## Data extracts
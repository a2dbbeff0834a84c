// What is refused of an hour in lists of numbers, eight bytes a number (document 02, tickets 1 and 2).
// `exercise_prices` and `exercise_rows` test what stands packed in a file, by other definitions (`price_at`, `row_at`): a trait over both would be longer than the loops that they share.
#![tactic(auto)]

ghost use Rattle.std.specs.Prelude.{◌≡◌, ◌+◌, ◌*◌, ◌≤◌, length};
ghost use Rattle.ints.specs.Turn.{in_turn};
ghost use Rattle.refusals.specs.Number.{answer};
ghost use Rattle.hour.specs.Order.{content_refusal};
ghost use Rattle.exercise.specs.Inside.{item_length};
ghost use Rattle.exercise.specs.Layout.{edition_of};
ghost use Rattle.exercise.specs.Lists.{counted, hour_given, transaction_length, counts_refusal, lists_refusal, no_spare};
ghost use Rattle.exercise_lists.specs.Inside.{prices_given_refusal, refusal_given};

use exercise::{Counts, Header, HourLists, Item};
use refusals::Refusal;

// ---- counts and lengths

// What is refused of the counts and of the edition's number, which is tested first.
#[tactic(auto, unfolding(exercise::specs::Lists::counts_refusal))]
pub fn counts_refusal(counts: Counts) -> Result<(), Refusal>
    ensures { answer result ≡ counts_refusal counts.participants counts.locations counts.rows counts.transactions counts.edition }
{
    if !ints::is_between(counts.edition, 0, 1) {
        return Err(Refusal::File);
    }
    if !ints::is_between(counts.participants, 1, 64) {
        return Err(Refusal::Length);
    }
    if !ints::is_between(counts.locations, 1, 64) {
        return Err(Refusal::Length);
    }
    if !ints::is_between(counts.rows, 0, 2048) {
        return Err(Refusal::Length);
    }
    if !ints::is_between(counts.transactions, 0, 256) {
        return Err(Refusal::Length);
    }
    Ok(())
}

// What is refused of three lists of so many bytes, for the counts of a header.
#[tactic(auto, unfolding(exercise::specs::Lists::lists_refusal))]
pub fn lists_refusal(
    header: Header,
    prices: usize,
    row_list: usize,
    transaction_list: usize,
) -> Result<(), Refusal>
    requires { (header.locations ≤ 64) × (header.rows ≤ 4095) × (header.transactions ≤ 1023) }
    ensures { answer result ≡ lists_refusal header.locations header.rows header.transactions (edition_of header.edition) prices row_list transaction_list }
{
    if prices != 8 * (26 * header.locations) {
        return Err(Refusal::Length);
    }
    if row_list != 8 * (6 * header.rows) {
        return Err(Refusal::Length);
    }
    let edition = exercise_editions::edition_of(header.edition as u64);
    let each = exercise_editions::transaction_length(edition);
    if transaction_list != 8 * (each * header.transactions) {
        return Err(Refusal::Length);
    }
    Ok(())
}

// ---- prices

// What is refused of the first n prices of a list.
fn prices_refusal(prices: &[u8], n: usize) -> Result<(), Refusal>
    requires { 8 * n ≤ length prices.now }
    ensures { answer result ≡ prices_given_refusal prices.now n }
{
    for j in 0..n {
        hour_row_refusals::price_refusal(numbers::number_at(prices, j))?;
    }
    Ok(())
}

// ---- rows and transactions

// What is refused of item i of a list.
fn refusal_at(
    item: Item,
    participants: u64,
    locations: u64,
    list: &[u8],
    i: usize,
) -> Result<(), Refusal>
    requires { 8 * (item_length item * i + item_length item) ≤ length list.now }
    ensures { answer result ≡ refusal_given item participants locations list.now i }
{
    match item {
        Item::Row => hour_row_refusals::row_numbers_refusal(
            participants,
            locations,
            exercise_given::row_given(list, i),
        ),
        Item::Transaction(edition) => hour_row_refusals::transaction_numbers_refusal(
            participants,
            locations,
            exercise_given::transaction_given(edition, list, i),
        ),
    }
}

// What is refused of the first n items of a list in turn.
fn refusal_in_turn(
    item: Item,
    participants: u64,
    locations: u64,
    list: &[u8],
    n: usize,
) -> Result<(), Refusal>
    requires { 8 * (item_length item * n) ≤ length list.now }
    ensures { answer result ≡ in_turn (refusal_given item participants locations list.now) n }
{
    for i in 0..n {
        refusal_at(item, participants, locations, list, i)?;
    }
    Ok(())
}

// ---- all of it

// What is refused from the prices on, of an hour of these counts.
pub fn content_refusal(header: Header, lists: HourLists) -> Result<(), Refusal>
    requires { (8 * (26 * header.locations) ≤ length lists.prices.now) × (8 * (6 * header.rows) ≤ length lists.rows.now) × (8 * (transaction_length (edition_of header.edition) * header.transactions) ≤ length lists.transactions.now) }
    ensures { answer result ≡ content_refusal (hour_given (counted header lists.entry)) no_spare }
{
    prices_refusal(lists.prices, 26 * header.locations)?;
    let participants = header.participants as u64;
    let locations = header.locations as u64;
    refusal_in_turn(Item::Row, participants, locations, lists.rows, header.rows)?;
    let edition = exercise_editions::edition_of(header.edition as u64);
    refusal_in_turn(
        Item::Transaction(edition),
        participants,
        locations,
        lists.transactions,
        header.transactions,
    )
}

## Exercise
Word for word, transcribe all of the entries shown above.

## Exercise solution
repository a2dbbeff0834a84c
// What is refused of an hour in lists of numbers, eight bytes a number (document 02, tickets 1 and 2).
// `exercise_prices` and `exercise_rows` test what stands packed in a file, by other definitions (`price_at`, `row_at`): a trait over both would be longer than the loops that they share.
#![tactic(auto)]

ghost use Rattle.std.specs.Prelude.{◌≡◌, ◌+◌, ◌*◌, ◌≤◌, length};
ghost use Rattle.ints.specs.Turn.{in_turn};
ghost use Rattle.refusals.specs.Number.{answer};
ghost use Rattle.hour.specs.Order.{content_refusal};
ghost use Rattle.exercise.specs.Inside.{item_length};
ghost use Rattle.exercise.specs.Layout.{edition_of};
ghost use Rattle.exercise.specs.Lists.{counted, hour_given, transaction_length, counts_refusal, lists_refusal, no_spare};
ghost use Rattle.exercise_lists.specs.Inside.{prices_given_refusal, refusal_given};

use exercise::{Counts, Header, HourLists, Item};
use refusals::Refusal;

// ---- counts and lengths

// What is refused of the counts and of the edition's number, which is tested first.
#[tactic(auto, unfolding(exercise::specs::Lists::counts_refusal))]
pub fn counts_refusal(counts: Counts) -> Result<(), Refusal>
    ensures { answer result ≡ counts_refusal counts.participants counts.locations counts.rows counts.transactions counts.edition }
{
    if !ints::is_between(counts.edition, 0, 1) {
        return Err(Refusal::File);
    }
    if !ints::is_between(counts.participants, 1, 64) {
        return Err(Refusal::Length);
    }
    if !ints::is_between(counts.locations, 1, 64) {
        return Err(Refusal::Length);
    }
    if !ints::is_between(counts.rows, 0, 2048) {
        return Err(Refusal::Length);
    }
    if !ints::is_between(counts.transactions, 0, 256) {
        return Err(Refusal::Length);
    }
    Ok(())
}

// What is refused of three lists of so many bytes, for the counts of a header.
#[tactic(auto, unfolding(exercise::specs::Lists::lists_refusal))]
pub fn lists_refusal(
    header: Header,
    prices: usize,
    row_list: usize,
    transaction_list: usize,
) -> Result<(), Refusal>
    requires { (header.locations ≤ 64) × (header.rows ≤ 4095) × (header.transactions ≤ 1023) }
    ensures { answer result ≡ lists_refusal header.locations header.rows header.transactions (edition_of header.edition) prices row_list transaction_list }
{
    if prices != 8 * (26 * header.locations) {
        return Err(Refusal::Length);
    }
    if row_list != 8 * (6 * header.rows) {
        return Err(Refusal::Length);
    }
    let edition = exercise_editions::edition_of(header.edition as u64);
    let each = exercise_editions::transaction_length(edition);
    if transaction_list != 8 * (each * header.transactions) {
        return Err(Refusal::Length);
    }
    Ok(())
}

// ---- prices

// What is refused of the first n prices of a list.
fn prices_refusal(prices: &[u8], n: usize) -> Result<(), Refusal>
    requires { 8 * n ≤ length prices.now }
    ensures { answer result ≡ prices_given_refusal prices.now n }
{
    for j in 0..n {
        hour_row_refusals::price_refusal(numbers::number_at(prices, j))?;
    }
    Ok(())
}

// ---- rows and transactions

// What is refused of item i of a list.
fn refusal_at(
    item: Item,
    participants: u64,
    locations: u64,
    list: &[u8],
    i: usize,
) -> Result<(), Refusal>
    requires { 8 * (item_length item * i + item_length item) ≤ length list.now }
    ensures { answer result ≡ refusal_given item participants locations list.now i }
{
    match item {
        Item::Row => hour_row_refusals::row_numbers_refusal(
            participants,
            locations,
            exercise_given::row_given(list, i),
        ),
        Item::Transaction(edition) => hour_row_refusals::transaction_numbers_refusal(
            participants,
            locations,
            exercise_given::transaction_given(edition, list, i),
        ),
    }
}

// What is refused of the first n items of a list in turn.
fn refusal_in_turn(
    item: Item,
    participants: u64,
    locations: u64,
    list: &[u8],
    n: usize,
) -> Result<(), Refusal>
    requires { 8 * (item_length item * n) ≤ length list.now }
    ensures { answer result ≡ in_turn (refusal_given item participants locations list.now) n }
{
    for i in 0..n {
        refusal_at(item, participants, locations, list, i)?;
    }
    Ok(())
}

// ---- all of it

// What is refused from the prices on, of an hour of these counts.
pub fn content_refusal(header: Header, lists: HourLists) -> Result<(), Refusal>
    requires { (8 * (26 * header.locations) ≤ length lists.prices.now) × (8 * (6 * header.rows) ≤ length lists.rows.now) × (8 * (transaction_length (edition_of header.edition) * header.transactions) ≤ length lists.transactions.now) }
    ensures { answer result ≡ content_refusal (hour_given (counted header lists.entry)) no_spare }
{
    prices_refusal(lists.prices, 26 * header.locations)?;
    let participants = header.participants as u64;
    let locations = header.locations as u64;
    refusal_in_turn(Item::Row, participants, locations, lists.rows, header.rows)?;
    let edition = exercise_editions::edition_of(header.edition as u64);
    refusal_in_turn(
        Item::Transaction(edition),
        participants,
        locations,
        lists.transactions,
        header.transactions,
    )
}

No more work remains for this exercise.